> _TASK DIRECTIONS_
Look through the data below. Show each line where the string "rule" occurs.

MATERIAL PROVIDED section start

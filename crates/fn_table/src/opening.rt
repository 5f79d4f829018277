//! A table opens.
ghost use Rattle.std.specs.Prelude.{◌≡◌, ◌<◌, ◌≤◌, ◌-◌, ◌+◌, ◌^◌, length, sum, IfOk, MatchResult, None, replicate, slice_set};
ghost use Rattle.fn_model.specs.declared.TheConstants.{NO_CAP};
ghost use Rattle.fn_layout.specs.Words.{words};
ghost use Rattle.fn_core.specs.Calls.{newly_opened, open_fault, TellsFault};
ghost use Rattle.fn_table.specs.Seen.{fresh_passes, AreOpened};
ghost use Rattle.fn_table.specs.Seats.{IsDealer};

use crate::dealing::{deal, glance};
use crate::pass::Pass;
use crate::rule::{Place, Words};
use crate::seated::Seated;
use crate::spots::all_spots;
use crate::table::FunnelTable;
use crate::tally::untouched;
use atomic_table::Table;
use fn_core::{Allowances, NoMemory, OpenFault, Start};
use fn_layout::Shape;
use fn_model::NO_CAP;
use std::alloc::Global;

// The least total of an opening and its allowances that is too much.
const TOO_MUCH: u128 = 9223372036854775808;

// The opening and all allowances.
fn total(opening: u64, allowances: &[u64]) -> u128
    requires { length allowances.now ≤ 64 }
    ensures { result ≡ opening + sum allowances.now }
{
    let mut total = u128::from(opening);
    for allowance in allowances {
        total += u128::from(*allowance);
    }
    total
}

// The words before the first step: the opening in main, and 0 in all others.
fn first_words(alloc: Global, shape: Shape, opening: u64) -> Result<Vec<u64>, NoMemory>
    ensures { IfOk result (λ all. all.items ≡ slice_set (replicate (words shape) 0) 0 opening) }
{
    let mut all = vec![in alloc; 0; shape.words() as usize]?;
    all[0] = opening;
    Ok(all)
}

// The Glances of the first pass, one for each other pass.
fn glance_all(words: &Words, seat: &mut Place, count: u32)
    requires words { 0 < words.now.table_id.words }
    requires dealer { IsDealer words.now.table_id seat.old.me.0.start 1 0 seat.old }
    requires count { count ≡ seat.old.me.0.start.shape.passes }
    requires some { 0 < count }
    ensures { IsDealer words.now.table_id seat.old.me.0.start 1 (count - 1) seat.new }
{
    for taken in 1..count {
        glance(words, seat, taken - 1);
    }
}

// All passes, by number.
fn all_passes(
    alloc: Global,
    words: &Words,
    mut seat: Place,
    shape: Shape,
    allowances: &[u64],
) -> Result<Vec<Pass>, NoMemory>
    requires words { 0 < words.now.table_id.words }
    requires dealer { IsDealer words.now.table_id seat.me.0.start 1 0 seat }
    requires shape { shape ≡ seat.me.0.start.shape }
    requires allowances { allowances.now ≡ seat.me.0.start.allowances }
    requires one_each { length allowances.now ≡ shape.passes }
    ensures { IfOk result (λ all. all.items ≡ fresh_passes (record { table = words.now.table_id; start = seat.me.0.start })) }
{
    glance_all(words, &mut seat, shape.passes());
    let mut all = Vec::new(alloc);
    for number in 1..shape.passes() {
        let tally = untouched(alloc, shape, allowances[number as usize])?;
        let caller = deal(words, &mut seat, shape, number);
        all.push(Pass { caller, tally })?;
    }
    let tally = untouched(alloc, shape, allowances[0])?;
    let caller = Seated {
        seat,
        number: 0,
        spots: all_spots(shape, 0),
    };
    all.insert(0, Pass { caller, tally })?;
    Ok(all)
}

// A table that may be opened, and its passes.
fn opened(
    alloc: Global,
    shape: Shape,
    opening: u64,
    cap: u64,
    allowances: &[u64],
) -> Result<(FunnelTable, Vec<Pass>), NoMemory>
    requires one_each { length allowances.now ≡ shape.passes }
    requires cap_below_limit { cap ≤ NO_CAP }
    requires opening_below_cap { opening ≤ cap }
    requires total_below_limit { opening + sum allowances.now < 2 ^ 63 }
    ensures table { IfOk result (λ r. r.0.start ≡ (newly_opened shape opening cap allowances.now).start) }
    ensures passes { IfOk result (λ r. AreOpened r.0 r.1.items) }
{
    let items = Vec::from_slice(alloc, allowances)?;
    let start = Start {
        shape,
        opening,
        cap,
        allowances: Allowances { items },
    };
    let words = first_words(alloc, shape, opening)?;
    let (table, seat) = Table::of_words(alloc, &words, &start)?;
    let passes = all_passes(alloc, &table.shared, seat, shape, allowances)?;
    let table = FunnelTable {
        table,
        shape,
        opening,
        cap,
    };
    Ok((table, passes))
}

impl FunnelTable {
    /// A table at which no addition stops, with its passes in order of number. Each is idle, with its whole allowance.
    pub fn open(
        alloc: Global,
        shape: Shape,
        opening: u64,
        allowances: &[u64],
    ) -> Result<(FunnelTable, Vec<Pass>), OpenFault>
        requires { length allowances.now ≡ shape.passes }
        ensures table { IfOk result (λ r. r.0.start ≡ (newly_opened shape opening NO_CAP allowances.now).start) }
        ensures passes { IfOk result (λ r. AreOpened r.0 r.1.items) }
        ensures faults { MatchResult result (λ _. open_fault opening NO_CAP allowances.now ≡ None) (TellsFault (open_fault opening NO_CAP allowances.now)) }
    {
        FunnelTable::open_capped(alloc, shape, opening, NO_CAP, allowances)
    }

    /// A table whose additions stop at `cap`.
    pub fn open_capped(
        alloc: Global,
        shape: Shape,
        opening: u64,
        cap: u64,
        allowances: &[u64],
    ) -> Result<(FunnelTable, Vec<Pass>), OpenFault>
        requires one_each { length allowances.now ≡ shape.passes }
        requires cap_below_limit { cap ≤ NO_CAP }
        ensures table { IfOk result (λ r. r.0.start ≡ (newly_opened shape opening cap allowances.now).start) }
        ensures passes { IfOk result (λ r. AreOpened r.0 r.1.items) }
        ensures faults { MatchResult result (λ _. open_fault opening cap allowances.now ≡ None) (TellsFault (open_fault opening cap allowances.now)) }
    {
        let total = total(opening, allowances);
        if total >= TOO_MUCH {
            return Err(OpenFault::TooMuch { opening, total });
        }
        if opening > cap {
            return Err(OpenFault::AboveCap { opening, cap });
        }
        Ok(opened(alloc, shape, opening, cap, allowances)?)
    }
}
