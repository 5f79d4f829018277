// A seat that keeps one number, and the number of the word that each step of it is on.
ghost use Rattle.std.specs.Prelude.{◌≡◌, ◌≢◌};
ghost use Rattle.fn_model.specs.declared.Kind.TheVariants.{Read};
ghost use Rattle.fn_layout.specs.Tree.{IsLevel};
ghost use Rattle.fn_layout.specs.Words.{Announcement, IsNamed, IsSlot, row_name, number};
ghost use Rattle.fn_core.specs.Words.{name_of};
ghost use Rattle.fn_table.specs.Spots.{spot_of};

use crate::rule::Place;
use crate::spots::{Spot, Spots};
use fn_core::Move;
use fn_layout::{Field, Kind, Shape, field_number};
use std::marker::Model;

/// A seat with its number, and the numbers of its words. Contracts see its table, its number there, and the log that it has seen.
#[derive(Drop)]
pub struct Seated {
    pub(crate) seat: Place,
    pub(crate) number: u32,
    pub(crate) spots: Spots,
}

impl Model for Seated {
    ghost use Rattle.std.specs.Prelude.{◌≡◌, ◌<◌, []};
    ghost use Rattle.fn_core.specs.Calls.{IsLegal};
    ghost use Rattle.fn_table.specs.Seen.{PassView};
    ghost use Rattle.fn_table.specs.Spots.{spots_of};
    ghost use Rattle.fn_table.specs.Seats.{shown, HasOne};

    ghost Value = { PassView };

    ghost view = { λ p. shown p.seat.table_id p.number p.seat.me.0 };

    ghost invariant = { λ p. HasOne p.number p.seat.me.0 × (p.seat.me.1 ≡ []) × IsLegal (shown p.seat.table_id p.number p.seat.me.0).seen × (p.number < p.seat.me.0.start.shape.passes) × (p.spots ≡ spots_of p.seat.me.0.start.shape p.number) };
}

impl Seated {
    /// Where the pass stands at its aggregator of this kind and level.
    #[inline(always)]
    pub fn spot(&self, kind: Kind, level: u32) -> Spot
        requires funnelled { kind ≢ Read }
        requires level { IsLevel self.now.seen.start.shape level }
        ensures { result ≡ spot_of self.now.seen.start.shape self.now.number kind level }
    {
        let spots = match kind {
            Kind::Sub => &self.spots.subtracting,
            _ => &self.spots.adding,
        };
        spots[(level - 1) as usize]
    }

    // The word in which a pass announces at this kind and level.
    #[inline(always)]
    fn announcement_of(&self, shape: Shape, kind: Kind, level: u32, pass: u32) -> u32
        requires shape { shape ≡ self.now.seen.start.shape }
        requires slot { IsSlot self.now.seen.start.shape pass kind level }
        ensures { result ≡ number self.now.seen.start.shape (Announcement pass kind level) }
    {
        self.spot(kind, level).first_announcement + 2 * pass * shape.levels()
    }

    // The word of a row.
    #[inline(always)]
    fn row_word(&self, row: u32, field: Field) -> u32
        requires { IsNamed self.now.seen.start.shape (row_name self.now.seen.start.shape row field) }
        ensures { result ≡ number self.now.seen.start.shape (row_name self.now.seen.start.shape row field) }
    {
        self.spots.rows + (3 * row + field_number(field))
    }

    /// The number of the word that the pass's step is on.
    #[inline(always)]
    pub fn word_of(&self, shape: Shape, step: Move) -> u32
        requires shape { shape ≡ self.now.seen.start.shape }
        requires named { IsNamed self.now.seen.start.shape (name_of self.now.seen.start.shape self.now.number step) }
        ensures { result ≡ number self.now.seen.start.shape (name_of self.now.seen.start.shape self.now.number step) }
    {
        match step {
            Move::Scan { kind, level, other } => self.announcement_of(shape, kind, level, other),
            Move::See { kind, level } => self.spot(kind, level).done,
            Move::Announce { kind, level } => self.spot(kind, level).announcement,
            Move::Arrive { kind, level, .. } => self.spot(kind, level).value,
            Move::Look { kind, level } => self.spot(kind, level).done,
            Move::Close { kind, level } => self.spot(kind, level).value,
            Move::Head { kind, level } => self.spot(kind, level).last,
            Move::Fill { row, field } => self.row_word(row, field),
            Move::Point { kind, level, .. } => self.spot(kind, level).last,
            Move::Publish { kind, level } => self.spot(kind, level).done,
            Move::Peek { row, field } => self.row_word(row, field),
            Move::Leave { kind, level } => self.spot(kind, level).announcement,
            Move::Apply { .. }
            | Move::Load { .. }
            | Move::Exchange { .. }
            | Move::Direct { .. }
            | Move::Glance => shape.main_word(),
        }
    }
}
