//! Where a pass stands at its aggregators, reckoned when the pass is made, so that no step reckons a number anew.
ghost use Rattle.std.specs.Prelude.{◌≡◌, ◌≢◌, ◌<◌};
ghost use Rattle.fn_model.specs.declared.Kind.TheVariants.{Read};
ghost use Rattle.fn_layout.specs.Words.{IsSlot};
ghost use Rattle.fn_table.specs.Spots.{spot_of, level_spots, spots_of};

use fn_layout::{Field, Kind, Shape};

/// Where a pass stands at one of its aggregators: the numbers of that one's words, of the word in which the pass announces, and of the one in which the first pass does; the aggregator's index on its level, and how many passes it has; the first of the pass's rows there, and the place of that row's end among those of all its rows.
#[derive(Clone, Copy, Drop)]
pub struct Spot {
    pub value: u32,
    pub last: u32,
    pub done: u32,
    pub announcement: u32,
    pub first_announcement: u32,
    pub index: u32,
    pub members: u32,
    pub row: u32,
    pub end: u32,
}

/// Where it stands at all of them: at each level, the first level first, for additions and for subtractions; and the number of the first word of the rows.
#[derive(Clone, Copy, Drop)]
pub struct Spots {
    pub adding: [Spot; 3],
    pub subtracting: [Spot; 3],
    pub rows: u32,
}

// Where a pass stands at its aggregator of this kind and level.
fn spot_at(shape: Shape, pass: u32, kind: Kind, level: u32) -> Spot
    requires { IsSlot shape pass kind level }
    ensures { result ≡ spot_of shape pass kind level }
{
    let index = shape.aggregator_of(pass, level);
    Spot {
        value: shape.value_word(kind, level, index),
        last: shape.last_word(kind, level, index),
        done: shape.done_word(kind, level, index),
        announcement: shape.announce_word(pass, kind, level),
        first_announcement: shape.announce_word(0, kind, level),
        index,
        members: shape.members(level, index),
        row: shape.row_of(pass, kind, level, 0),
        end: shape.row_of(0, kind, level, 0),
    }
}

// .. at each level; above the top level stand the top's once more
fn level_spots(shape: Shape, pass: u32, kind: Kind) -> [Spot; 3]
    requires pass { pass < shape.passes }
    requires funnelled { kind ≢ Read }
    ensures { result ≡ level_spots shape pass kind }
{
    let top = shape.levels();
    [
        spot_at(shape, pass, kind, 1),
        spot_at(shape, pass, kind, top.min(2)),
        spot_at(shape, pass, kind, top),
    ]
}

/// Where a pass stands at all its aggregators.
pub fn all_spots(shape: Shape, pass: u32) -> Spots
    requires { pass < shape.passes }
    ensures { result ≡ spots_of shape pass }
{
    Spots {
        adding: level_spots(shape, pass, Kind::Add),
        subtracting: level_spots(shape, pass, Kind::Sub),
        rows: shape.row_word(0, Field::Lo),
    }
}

MATERIAL PROVIDED section end

> _EXPECTED ANSWER_
use crate::rule::{Place, Words};
use crate::rule::Place;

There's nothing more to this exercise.